Dan Skuta

No. 51, 55
- Position: Linebacker

Personal information
- Born: April 21, 1986 (age 39) Burton, Michigan, U.S.
- Height: 6 ft 2 in (1.88 m)
- Weight: 269 lb (122 kg)

Career information
- High school: Carman-Ainsworth (Flint Township, Michigan)
- College: Grand Valley State (2004–2008)

Career history
- Cincinnati Bengals (2009–2012); San Francisco 49ers (2013–2014); Jacksonville Jaguars (2015–2016); Chicago Bears (2017)*;
- * Offseason and/or practice squad member only

Career NFL statistics
- Total tackle: 201
- Sacks: 7.0
- Forced fumbles: 6
- Fumble recoveries: 1
- Defensive touchdowns: 1
- Stats at Pro Football Reference

= Dan Skuta =

American football player (born 1986)

Dan Skuta (born April 21, 1986) is an American former professional football player who was a linebacker in the National Football League (NFL). He played college football for the Grand Valley State Lakers and was signed by the Cincinnati Bengals as an undrafted free agent in 2009. Skuta was also a member of the San Francisco 49ers, Jacksonville Jaguars, and Chicago Bears.

==Professional career==
===Cincinnati Bengals===
Skuta signed with the Cincinnati Bengals as an undrafted free agent in 2009 and played with them until 2012.

===San Francisco 49ers===
Skuta signed with the San Francisco 49ers in 2013. He scored his first touchdown when he recovered a fumble forced by linebacker Patrick Willis and returned it 47 yards for the score.

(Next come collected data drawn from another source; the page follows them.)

//! Runs rows of a book alone, on one thread, and says which of them hold: what it answers to claims and commits, task by
//! task, where a file of cases cannot say what is owed.
//!
//! A line says that a row holds, or else what came in its place.
#![tactic(auto)]

mod answers;
mod book_rows;
mod table;

use crate::book_rows::{BookRow, try_on_book};
use pssm_trials::{status_of, told};
use std::io;
use std::process::ExitCode;

// The rows, by name.
const BOOK_ROWS: [(&str, BookRow); 8] = [
    ("second_commit_is_stale", BookRow::Stale),
    ("stale_comes_before_full", BookRow::StaleInFull),
    ("commit_is_full", BookRow::Full),
    ("no_room_is_full", BookRow::NoRoom),
    ("unclaimed_is_gone", BookRow::Unclaimed),
    ("ended_is_gone", BookRow::Ended),
    ("released_is_handed_out_again", BookRow::Released),
    ("busy_counts", BookRow::Busy),
];

fn main(rt: HostRuntime) -> io::Result<ExitCode> {
    let mut all = true;
    for (name, row) in BOOK_ROWS {
        let holds = told(&rt, name, try_on_book(rt.alloc(), row))?;
        all = all && holds;
    }
    Ok(status_of(&[all]))
}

===Jacksonville Jaguars===
On March 11, 2015, Skuta signed a five-year, $20.5 million contract with the Jacksonville Jaguars. He was released on April 11, 2017.

===Chicago Bears===
On May 8, 2017, Skuta signed a one-year contract with the Chicago Bears. He was released on September 2, 2017.

==NFL career statistics==

Legend
|  | Led the league |
| Bold | Career high |

===Regular season===

Year: Team; Games; Tackles; Interceptions; Fumbles
GP: GS; Cmb; Solo; Ast; Sck; TFL; Int; Yds; TD; Lng; PD; FF; FR; Yds; TD
2009: CIN; 8; 0; 8; 6; 2; 0.0; 0; 0; 0; 0; 0; 0; 0; 0; 0; 0
2010: CIN; 16; 1; 16; 11; 5; 0.0; 0; 0; 0; 0; 0; 0; 1; 0; 0; 0
2011: CIN; 16; 3; 31; 16; 15; 0.5; 0; 0; 0; 0; 0; 0; 1; 0; 0; 0
2012: CIN; 16; 0; 27; 16; 11; 0.0; 0; 0; 0; 0; 0; 1; 0; 0; 0; 0
2013: SFO; 16; 8; 28; 21; 7; 0.0; 3; 0; 0; 0; 0; 2; 0; 1; 47; 1
2014: SFO; 14; 10; 33; 25; 8; 5.0; 5; 0; 0; 0; 0; 1; 3; 0; 0; 0
2015: JAX; 13; 8; 40; 32; 8; 1.5; 3; 0; 0; 0; 0; 1; 1; 0; 0; 0
2016: JAX; 13; 2; 18; 15; 3; 0.0; 3; 0; 0; 0; 0; 1; 0; 0; 0; 0
112; 32; 201; 142; 59; 7.0; 14; 0; 0; 0; 0; 6; 6; 1; 47; 1

===Playoffs===

Year: Team; Games; Tackles; Interceptions; Fumbles
GP: GS; Cmb; Solo; Ast; Sck; TFL; Int; Yds; TD; Lng; PD; FF; FR; Yds; TD
2009: CIN; 1; 0; 1; 0; 1; 0.0; 0; 0; 0; 0; 0; 0; 0; 0; 0; 0
2011: CIN; 1; 0; 1; 1; 0; 0.0; 0; 0; 0; 0; 0; 0; 0; 0; 0; 0
2012: CIN; 1; 0; 1; 1; 0; 0.0; 0; 0; 0; 0; 0; 0; 0; 0; 0; 0
2013: SFO; 3; 0; 4; 3; 1; 2.0; 1; 0; 0; 0; 0; 0; 0; 0; 0; 0
6; 0; 7; 5; 2; 2.0; 1; 0; 0; 0; 0; 0; 0; 0; 0; 0

==Personal life==
Dan Skuta is from Flint, Michigan. He attended Grand Valley State University, from which he graduated with a bachelor's degree in physical education. He now presides as the defensive coordinator coach at Flint's Powers Catholic High School.